_Extracted material_

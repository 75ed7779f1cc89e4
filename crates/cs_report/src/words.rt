//! The words of a script's line.
ghost use Rattle.std.specs.Prelude.{◌≡◌, ◌≤◌, ◌==◌, min, option_map, position};
ghost use Rattle.std.specs.List.{list_all};
ghost use Rattle.cs_table.specs.Text.{decimal, is_digit};
ghost use Rattle.cs_report.specs.Grammar.{is_word_byte};
ghost use Rattle.cs_report.specs.Reading.{first_word, is_moment, is_number, is_word};

fn first_space(text: &[u8]) -> Option<usize>
    ensures { result ≡ position (λ b. b == 32) text.now }
{
    text.iter().position(|byte| *byte == b' ')
}

#[tactic(auto, using(crate::proofs::FirstWord::no_space, crate::proofs::FirstWord::space_in_front, crate::proofs::FirstWord::space_behind))]
pub(crate) fn first_word(text: &[u8]) -> Option<(&[u8], &[u8])>
    ensures { option_map (λ parts. (parts.0.now, parts.1.now)) result ≡ first_word text.now }
{
    match first_space(text) {
        Some(at) if at != 0 => Some((&text[..at], &text[at + 1..])),
        Some(_) | None => None,
    }
}

fn has_no_space(text: &[u8]) -> bool
    ensures { result ≡ list_all is_word_byte text.now }
{
    text.iter().all(|byte| *byte != b' ')
}

#[tactic(auto, unfolding(crate::specs::Reading::is_word))]
pub(crate) fn is_word(text: &[u8]) -> bool
    ensures { result ≡ is_word text.now }
{
    !text.is_empty() && has_no_space(text)
}

fn has_only_digits(text: &[u8]) -> bool
    ensures { result ≡ list_all is_digit text.now }
{
    text.iter().all(|byte| byte.is_ascii_digit())
}

#[tactic(auto, unfolding(crate::specs::Reading::is_number))]
pub(crate) fn is_number(text: &[u8]) -> bool
    ensures { result ≡ is_number text.now }
{
    !text.is_empty() && has_only_digits(text)
}

#[tactic(auto, unfolding(crate::specs::Reading::is_moment))]
pub(crate) fn is_moment(text: &[u8]) -> bool
    ensures { result ≡ is_moment text.now }
{
    match first_word(text) {
        Some((_, rest)) => is_word(rest),
        None => false,
    }
}

pub(crate) fn number(digits: &[u8]) -> u64
    ensures { result ≡ min 4_294_967_296 (decimal digits.now) }
{
    let mut value = 0u64;
    for digit in digits {
        value = (value * 10 + u64::from(digit.saturating_sub(b'0'))).min(4_294_967_296);
    }
    value
}
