//! The form of a script's line: its words, whatever date and name.
ghost use Rattle.std.specs.Prelude.{◌≡◌, option_map};
ghost use Rattle.cs_report.specs.Reading.{begin_form, catch_form, end_form, form_behind, form_of};
ghost use Rattle.cs_report.specs.Reading.{got_form, job_run, line_run, minute_form, stamp_form};
ghost use Rattle.cs_report.specs.Reading.{start_at, start_form, up_form};
ghost use Rattle.cs_report.specs.Seen.{form_seen};

use crate::words::{first_word, is_moment, is_number, is_word};

#[derive(Drop)]
pub(crate) enum Form<'a> {
    /// `start DT up` or `start DT down`.
    Start(&'a [u8], bool),
    /// `stamp ID YYYY-MM-DD`.
    Stamp(&'a [u8], &'a [u8]),
    /// `minute DT`.
    Minute(&'a [u8]),
    /// `up DT`.
    Up(&'a [u8]),
    /// `down`.
    Down,
    /// `begin line N`.
    Begin(&'a [u8]),
    /// `got line N DT`.
    Got(&'a [u8], &'a [u8]),
    /// `catch ID`.
    Catch(&'a [u8]),
    /// `end line N DT`.
    EndLine(&'a [u8], &'a [u8]),
    /// `end job ID DT`.
    EndJob(&'a [u8], &'a [u8]),
}

fn start_at(moment: &[u8], up: bool) -> Option<Form<'_>>
    ensures { option_map form_seen result ≡ start_at moment.now up }
{
    if !is_moment(moment) {
        return None;
    }
    Some(Form::Start(moment, up))
}

#[tactic(auto, unfolding(crate::specs::Reading::start_form))]
fn start_form(text: &[u8]) -> Option<Form<'_>>
    ensures { option_map form_seen result ≡ start_form text.now }
{
    if text.ends_with(b" up") {
        return start_at(&text[..text.len() - 3], true);
    }
    if text.ends_with(b" down") {
        return start_at(&text[..text.len() - 5], false);
    }
    None
}

#[tactic(auto, unfolding(crate::specs::Reading::stamp_form))]
fn stamp_form(text: &[u8]) -> Option<Form<'_>>
    ensures { option_map form_seen result ≡ stamp_form text.now }
{
    let (identifier, date) = first_word(text)?;
    if !is_word(date) {
        return None;
    }
    Some(Form::Stamp(identifier, date))
}

fn minute_form(text: &[u8]) -> Option<Form<'_>>
    ensures { option_map form_seen result ≡ minute_form text.now }
{
    if !is_moment(text) {
        return None;
    }
    Some(Form::Minute(text))
}

fn up_form(text: &[u8]) -> Option<Form<'_>>
    ensures { option_map form_seen result ≡ up_form text.now }
{
    if !is_moment(text) {
        return None;
    }
    Some(Form::Up(text))
}

#[tactic(auto, unfolding(crate::specs::Reading::begin_form))]
fn begin_form(text: &[u8]) -> Option<Form<'_>>
    ensures { option_map form_seen result ≡ begin_form text.now }
{
    let (kind, number) = first_word(text)?;
    if kind != b"line".as_slice() || !is_number(number) {
        return None;
    }
    Some(Form::Begin(number))
}

#[tactic(auto, unfolding(crate::specs::Reading::line_run))]
fn line_run(text: &[u8]) -> Option<(&[u8], &[u8])>
    ensures { option_map (λ run. (run.0.now, run.1.now)) result ≡ line_run text.now }
{
    let (number, moment) = first_word(text)?;
    if !is_number(number) || !is_moment(moment) {
        return None;
    }
    Some((number, moment))
}

#[tactic(auto, unfolding(crate::specs::Reading::job_run))]
fn job_run(text: &[u8]) -> Option<(&[u8], &[u8])>
    ensures { option_map (λ run. (run.0.now, run.1.now)) result ≡ job_run text.now }
{
    let (identifier, moment) = first_word(text)?;
    if !is_moment(moment) {
        return None;
    }
    Some((identifier, moment))
}

#[tactic(auto, unfolding(crate::specs::Reading::got_form))]
fn got_form(text: &[u8]) -> Option<Form<'_>>
    ensures { option_map form_seen result ≡ got_form text.now }
{
    let (kind, rest) = first_word(text)?;
    if kind != b"line".as_slice() {
        return None;
    }
    let (number, moment) = line_run(rest)?;
    Some(Form::Got(number, moment))
}

fn catch_form(text: &[u8]) -> Option<Form<'_>>
    ensures { option_map form_seen result ≡ catch_form text.now }
{
    if !is_word(text) {
        return None;
    }
    Some(Form::Catch(text))
}

#[tactic(auto, unfolding(crate::specs::Reading::end_form))]
fn end_form(text: &[u8]) -> Option<Form<'_>>
    ensures { option_map form_seen result ≡ end_form text.now }
{
    let (kind, rest) = first_word(text)?;
    if kind == b"line".as_slice() {
        let (number, moment) = line_run(rest)?;
        return Some(Form::EndLine(number, moment));
    }
    if kind == b"job".as_slice() {
        let (identifier, moment) = job_run(rest)?;
        return Some(Form::EndJob(identifier, moment));
    }
    None
}

#[tactic(auto, unfolding(crate::specs::Reading::form_behind))]
fn form_behind<'a>(verb: &[u8], text: &'a [u8]) -> Option<Form<'a>>
    ensures { option_map form_seen result ≡ form_behind verb.now text.now }
{
    if verb == b"start".as_slice() {
        return start_form(text);
    }
    if verb == b"stamp".as_slice() {
        return stamp_form(text);
    }
    if verb == b"minute".as_slice() {
        return minute_form(text);
    }
    if verb == b"up".as_slice() {
        return up_form(text);
    }
    if verb == b"begin".as_slice() {
        return begin_form(text);
    }
    if verb == b"got".as_slice() {
        return got_form(text);
    }
    if verb == b"catch".as_slice() {
        return catch_form(text);
    }
    if verb == b"end".as_slice() {
        return end_form(text);
    }
    None
}

#[tactic(auto, unfolding(crate::specs::Reading::form_of))]
pub(crate) fn form_of(line: &[u8]) -> Option<Form<'_>>
    ensures { option_map form_seen result ≡ form_of line.now }
{
    if line == b"down".as_slice() {
        return Some(Form::Down);
    }
    let (verb, text) = first_word(line)?;
    form_behind(verb, text)
}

_Task item_
Among the lines of the data, find every one that holds "false" and copy it.

_Reply_
        None => false,
        return start_at(&text[..text.len() - 5], false);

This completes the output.